In the months that would ensue, the Fair acquired a good bit of lore, including the following story, which I recount from Suzanne Hilton's Here Today and Gone Tomorrow:

"On July 4, the fair advertised that Uncle Sam would make a parachute jump from an airplane. After an extra-spectacular burst of rockets and with the band playing "The Star-spangled Banner," Uncle Sam tumbled out of the plane. The searchlights followed his drop, waiting for the chute to open. When he plummeted straight into the water, the crowd murmured, "A dummy, of course."
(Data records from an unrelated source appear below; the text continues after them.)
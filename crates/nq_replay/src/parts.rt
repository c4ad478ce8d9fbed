//! Printing a journal between two texts.

ghost use Rattle.std.specs.Prelude.{◌++◌};
ghost use Rattle.nq_journal.specs.Text.{IsVersion, journal_text};
ghost use Rattle.nq_replay.specs.Ending.{CountsSink};
ghost use Rattle.nq_replay.specs.Schedules.{PrintsBytes};

use nq_base::Journal;
use nq_base::ending::Ending;
use nq_io::{Put, Sink};
use nq_journal::{Printed, is_in, print};
use std::alloc::Global;

/// Prints a text, a journal in a version of its text, 1 or 2, and another text. How it ends:
///
/// - `Done`: all of that was printed.
/// - `WriteFault`: the sink failed, which it has counted; a front of that is printed.
/// - `Memory`: memory was wanting, or the version lacks an entry; a front of that is printed.
pub fn print_parts<K: Sink>(
    alloc: Global,
    version: u32,
    before: &[u8],
    journal: &Journal,
    after: &[u8],
    out: &mut K,
) -> Ending
    requires { IsVersion version }
    ensures prints { PrintsBytes result (before.now ++ (journal_text version journal.now.entries ++ after.now))
        (K.held out.old) (K.held out.new) (K.faults out.old) (K.faults out.new) }
    ensures sink { CountsSink result (K.faults out.old) (K.faults out.new) }
{
    if !is_in(journal, version) {
        return Ending::Memory;
    }
    match out.put(before) {
        Put::All => {}
        Put::Failed => return Ending::WriteFault,
    }
    match print(alloc, journal, version, out) {
        Printed::All => {}
        Printed::Failed => return Ending::WriteFault,
        Printed::Memory => return Ending::Memory,
    }
    match out.put(after) {
        Put::All => Ending::Done,
        Put::Failed => Ending::WriteFault,
    }
}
But Little Joe Wilson was not a dummy. His body was found the next day. To the horror of the man who had hired what he thought was a parachutist, Joe Wilson turned out to have been only an unemployed actor who had never jumped before in his life." (Hilton 133)

Hall of Science

When time came for closing day on October 31st 1933, the crowds were still heavy and demand for the Fair was high. The Fair was extended an extra twelve days, during which time the managers decided to continue the Fair another year. So it was not until October 31st, 1934 that the gates finally closed. Only the Adler Planetarium, the Chinese Lama Temple, Fort Dearborn, and a few bridges were left behind. Those, and the multitude of images, messages and trinkets that visitors had carried home.